L'importance stratégique de l'Afrique du Nord
Les luttes pour l’hégémonie en Europe ont constamment opposé la puissance continentale du moment à la puissance maritime. Tour à tour la France de Louis XIV et de Napoléon, l’Allemagne des Hohenzollern et de Hitler ont vu leurs entreprises de domination européenne mises en échec par les puissances qui disposaient de la liberté des mers : l’Angleterre, puis plus récemment les États-Unis d’Amérique. Dans ses « Théories Stratégiques », l’amiral Castex, analysant l’histoire de l’Europe moderne, avait pu, dès la fin de la première guerre mondiale, prophétiser l’aventure hitlérienne et prévoir la lutte d’influence à laquelle se livrent présentement dans le monde les deux forces opposées. Si cette lutte froide se transformait un jour en conflit ouvert, se manifesterait à nouveau, à l’échelle mondiale, l’antagonisme de la puissance continentale eurasiatique et des puissances maritimes atlantiques.
L’un des principaux actes de la stratégie soviétique viserait, je pense, à la conquête du littoral de la péninsule européenne pour limiter les possibilités d’action de la coalition maritime. La défense de l’Europe occidentale péninsulaire, elle-même ramifiée en de multiples presqu’îles (balkanique, italienne, ibérique, bretonne et Scandinave) ne peut donc être assurée que dans la mesure où ses tenants contrôleront les mers qui la baignent et pourront acheminer vers elle les troupes et les matériels en provenance d’Outre-Mer et, au premier chef, du gigantesque arsenal américain.

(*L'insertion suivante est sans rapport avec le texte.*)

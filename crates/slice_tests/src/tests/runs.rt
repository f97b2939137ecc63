//! Runs of one home, their slices and keys.

use super::made::{HALF, Piece, home, origin, slices_of};
use picture_slices::{Slice, slice_laws, value_laws};
use primitives::Top;
use slice_rules::{key_laws, mapping_laws, run_laws, same_home, shared_laws};
use std::alloc::{AllocError, Global};
use std::process::Abort;
use std::test::Fail;
use wr_geom::SliceKey;

/// A slice's scroll frame, 0 for none, its number, and how many entries it has.
type Wanted = (u8, u8, usize);

/// The scroll frames of solids, 0 for none, and their slices.
const CASES: [(&[u8], &[Wanted]); 6] = [
    (&[], &[]),
    (&[0, 0, 3, 3, 3], &[(0, 0, 2), (3, 0, 3)]),
    (&[1, 2, 1], &[(1, 0, 1), (2, 0, 1), (1, 1, 1)]),
    (&[1, 2, 1, 2, 0, 1, 0, 9], &EIGHT),
    (&[0, 1, 2, 3, 4, 5, 6, 7, 8, 8], &NINE),
    (&[0, 1, 2, 3, 4, 5, 6, 0, 0, 8], &NINE),
];

/// Eight runs, each a slice.
const EIGHT: [Wanted; 8] = [
    (1, 0, 1),
    (2, 0, 1),
    (1, 1, 1),
    (2, 1, 1),
    (0, 0, 1),
    (1, 2, 1),
    (0, 1, 1),
    (9, 0, 1),
];

/// More runs: the rest is one slice without a home.
const NINE: [Wanted; 8] = [
    (0, 0, 1),
    (1, 0, 1),
    (2, 0, 1),
    (3, 0, 1),
    (4, 0, 1),
    (5, 0, 1),
    (6, 0, 1),
    (0, 1, 3),
];

/// A solid of each of these scroll frames.
fn pieces(alloc: Global, scrolls: &[u8]) -> Result<Vec<Piece<'static>>, AllocError> {
    let mut pieces = Vec::new(alloc);
    for scroll in scrolls {
        pieces.push(Piece {
            scroll: *scroll,
            clips: &[],
            colour: HALF,
            is_group: false,
        })?;
    }
    Ok(pieces)
}

/// Expects a slice of these.
fn expect_slice(rt: &impl Abort, slice: &Slice, wanted: Wanted) {
    let (scroll, nth, count) = wanted;
    let scroll_home = home(scroll);
    let key = SliceKey {
        scroll: scroll_home,
        nth,
    };
    assert_eq!(rt; slice.key, key);
    assert_eq!(rt; slice.origin, origin(scroll));
    assert_eq!(rt; slice.entries.len(), count);
}

/// Expects these slices of solids.
fn expect(rt: &(impl Abort + AllocGlobal), scrolls: &[u8], wanted: &[Wanted]) -> Result<(), Fail> {
    let slices = slices_of(rt.alloc(), pieces(rt.alloc(), scrolls)?.as_slice())?;
    assert_eq!(rt; slices.len(), wanted.len());
    for (slice, wanted) in slices.as_slice().iter().zip(wanted) {
        expect_slice(rt, slice, *wanted);
    }
    Ok(())
}

#[test]
fn tops_are_divided_into_slices(rt: HostRuntime) -> Result<(), Fail> {
    for (scrolls, wanted) in &CASES {
        expect(&rt, scrolls, wanted)?;
    }
    Ok(())
}

#[test]
fn homes_are_the_same_by_both_numbers(rt: HostRuntime) -> Result<(), Fail> {
    let home = Some((1, 2));
    assert!(rt; same_home(None, None) && same_home(home, home));
    assert!(rt; !same_home(home, None) && !same_home(None, home));
    assert!(rt; !same_home(home, Some((1, 3))) && !same_home(home, Some((0, 2))));
    Ok(())
}

#[test]
fn laws_hold_of_tops(rt: HostRuntime) -> Result<(), Fail> {
    run_laws::<Top>();
    key_laws::<Top>();
    shared_laws::<Top>();
    mapping_laws::<Top, Slice>();
    slice_laws();
    value_laws();
    assert!(rt; same_home(None, None));
    Ok(())
}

Mais, en raison des distances à couvrir par les flottes maritimes de transport, cet effort serait vain s’il ne pouvait être relayé. La nature a heureusement disposé deux relais essentiels qui, de surcroît, couvrent et épaulent la défense de l’Europe occidentale : la Grande-Bretagne et l’Afrique du Nord française. Ces deux flancs-gardes légèrement en recul, protégés par un espace maritime, peuvent, en effet, jouer, selon le cas, le rôle de bastion défensif ou de tremplin offensif vis-à-vis du théâtre Europe.